Given $f \in BV[a, b],$ define $g(x) = f(x+)$ for $a \leq x < b$ and $g(b) = f(b).$ Prove that $g$ is right continuous and of bounded variation on $[ a, b ] $.
I tried to use Jordan's Theorem stating that a function is of bounded variation iff it can be expressed as the difference between two monotonically increasing functions. Then it suffices to show that the "right limit" function of any monotone functions on [a,b] is monotone and right continuous. The former is not hard since we can write the right limit for a monotonically increasing function $f$ as $f(x+) = \inf \{f(t) \mid t > x\}$ and then it follows $y>x \Rightarrow f(y+)\geq f(x+).$ However, I'm stuck on showing the right continuity.
Firstly, we consider the case that $f$ is increasing. For each $x\in[a,b)$, the right-hand limit $\lim_{t\rightarrow x+}f(t)=\inf\{f(t)\mid t>x\}$ exists, so $g(x)$ is well-defined. Moreover, for each $t>x$, we have $f(t)\geq f(x)$, so $\lim_{t\rightarrow x+}f(t)\geq f(x)$, i.e., $g(x)\geq f(x)$.
Claim 1: $g$ is increasing on $[a,b]$. Let $x_{1},x_{2}\in[a,b]$ with $x_{1}<x_{2}$. For any $t\in(x_{1},x_{2})$, we have that $f(t)\leq f(x_{2})$. Letting $t\rightarrow x_{1}+$ yields $g(x_{1})\leq f(x_{2})\leq g(x_{2})$.

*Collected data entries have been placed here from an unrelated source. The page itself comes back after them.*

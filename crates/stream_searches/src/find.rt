//! Searches of the input for a literal.
ghost use Rattle.std.specs.Prelude.{◌≡◌, List, [], ◌∷◌, ◌⊎◌, length};
ghost use Rattle.std.specs.Char.{encode_utf8};
ghost use Rattle.streams.specs.Bytes.{bytes_reading};
ghost use Rattle.stream_searches.specs.FindSlice.{FindsSlice};
ghost use Rattle.stream_searches.specs.FirstMatch.{StaysFirst, literal_stays, two_stay, three_stay};

mod characters;
mod place;
mod several;
mod text;
mod wrapped;

use crate::find::place::first_place;
use memchr::{memchr, memchr2, memchr3};
use std::ops;
use streams::stream::Stream;

/// A stream that can be searched for a literal of type `T`, or for one of a tuple of them.
///
/// ```
/// assert_eq!(rt; b"aaab".as_slice().find_slice(b"aab".as_slice()), Some(1..4));
/// assert_eq!(rt; b"a,b;".as_slice().find_slice((b';', b',')), Some(1..2));
/// assert_eq!(rt; b"a".as_slice().find_slice(b"".as_slice()), Some(0..0));
/// ```
pub trait FindSlice<T>: Stream {
    // The needles: lists of tokens that are searched for.
    ghost sought: { T → List Self.Seen → Type 0 };

    /// Returns the first range, in units, at which `substr` occurs. Consumes nothing.
    fn find_slice(&self, substr: T) -> Option<ops::Range<usize>>
        ensures { FindsSlice Self.reading.units (sought substr) (Self.view self.now).left.tokens
            result };

    // The first match stays the first one, whatever tokens come after.
    ghost stays_first: { (substr : T) → StaysFirst Self.reading.units (sought substr) };
}

/// Searches bytes for bytes.
#[inline(always)]
fn find_bytes(all: &[u8], literal: &[u8]) -> Option<ops::Range<usize>>
    ensures { FindsSlice length (λ xs. xs ≡ literal.now) all.now result }
{
    match first_place(all, literal) {
        Some(start) => Some(start..start + literal.len()),
        None => None,
    }
}

impl<'a> FindSlice<u8> for &'a [u8] {
    ghost sought = { λ b xs. xs ≡ b ∷ [] };

    #[inline(always)]
    fn find_slice(&self, substr: u8) -> Option<ops::Range<usize>> {
        match memchr(substr, *self) {
            Some(start) => Some(start..start + 1),
            None => None,
        }
    }

    ghost stays_first = { λ b. literal_stays bytes_reading (b ∷ []) };
}

impl<'a> FindSlice<(u8,)> for &'a [u8] {
    ghost sought = { λ t xs. xs ≡ t.0 ∷ [] };

    #[inline(always)]
    fn find_slice(&self, substr: (u8,)) -> Option<ops::Range<usize>> {
        self.find_slice(substr.0)
    }

    ghost stays_first = { λ t. literal_stays bytes_reading (t.0 ∷ []) };
}

impl<'a> FindSlice<(u8, u8)> for &'a [u8] {
    ghost sought = { λ t xs. (xs ≡ t.0 ∷ []) ⊎ (xs ≡ t.1 ∷ []) };

    #[inline(always)]
    fn find_slice(&self, substr: (u8, u8)) -> Option<ops::Range<usize>> {
        match memchr2(substr.0, substr.1, *self) {
            Some(start) => Some(start..start + 1),
            None => None,
        }
    }

    ghost stays_first = { λ t. two_stay bytes_reading t.0 t.1 };
}

impl<'a> FindSlice<(u8, u8, u8)> for &'a [u8] {
    ghost sought = { λ t xs. (xs ≡ t.0 ∷ []) ⊎ ((xs ≡ t.1 ∷ []) ⊎ (xs ≡ t.2 ∷ [])) };

    #[inline(always)]
    fn find_slice(&self, substr: (u8, u8, u8)) -> Option<ops::Range<usize>> {
        match memchr3(substr.0, substr.1, substr.2, *self) {
            Some(start) => Some(start..start + 1),
            None => None,
        }
    }

    ghost stays_first = { λ t. three_stay bytes_reading t.0 t.1 t.2 };
}

impl<'a, 'b> FindSlice<&'b [u8]> for &'a [u8] {
    ghost sought = { λ s xs. xs ≡ s.now };

    #[inline(always)]
    fn find_slice(&self, substr: &'b [u8]) -> Option<ops::Range<usize>> {
        find_bytes(*self, substr)
    }

    ghost stays_first = { λ s. literal_stays bytes_reading s.now };
}

/// A text stands for its bytes.
impl<'a, 'b> FindSlice<&'b str> for &'a [u8] {
    ghost sought = { λ s xs. xs ≡ s.now };

    #[inline(always)]
    fn find_slice(&self, substr: &'b str) -> Option<ops::Range<usize>> {
        find_bytes(*self, substr.as_bytes())
    }

    ghost stays_first = { λ s. literal_stays bytes_reading s.now };
}

/// A character stands for the bytes of its UTF-8.
impl<'a> FindSlice<char> for &'a [u8] {
    ghost sought = { λ c xs. xs ≡ encode_utf8 c };

    #[inline(always)]
    fn find_slice(&self, substr: char) -> Option<ops::Range<usize>> {
        let mut buffer = [0; 4];
        find_bytes(*self, substr.encode_utf8(&mut buffer).as_bytes())
    }

    ghost stays_first = { λ c. literal_stays bytes_reading (encode_utf8 c) };
}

Claim 2: $g$ is right-continuous. Let $x_{0}\in[a,b]$ be arbitrary. If $x_{0}=b$, $g$ is automatically right-continuous at $x_{0}$. Suppose that $x_{0}<b$. Let $\varepsilon>0$ be arbitrary, then there exists $\delta>0$ such that $\left|f(t)-g(x_{0})\right|<\varepsilon$ whenever $t\in(x_{0},x_{0}+\delta)$. Let $x_{1}\in(x_{0},x_{0}+\delta)$ be arbitrary. For any $t\in(x_{1},x_{0}+\delta)$, we still have $\left|f(t)-g(x_{0})\right|<\varepsilon$. Now, leting $t\rightarrow x_{1}+$, then we obtain $\left|g(x_{1})-g(x_{0})\right|\leq\varepsilon$. This shows that $g$ is right-continuous at $x_{0}$.
For the general case that $f$ is of bounded variation, we write $f=f_{1}-f_{2}$ for some increasing functions $f_{1},f_{2}$ defined on $[a,b]$. Define $g_{1}(x)=f_{1}(x+)$ and $g_{2}(x)=f_{2}(x+)$. By the above discussion, $g_{1},g_{2}$ are increasing and right-continuous. Moreover, for $x\in[a,b)$, $g(x)=\lim_{t\rightarrow x+}\left[f_{1}(t)-f_{2}(t)\right]=\lim_{t\rightarrow x+}f_{1}(t)-\lim_{t\rightarrow x+}f_{2}(t)=g_{1}(x)-g_{2}(x)$. That is, $g=g_{1}-g_{2}$, the difference of two right-continuous functions, so $g$ is also right-continuous.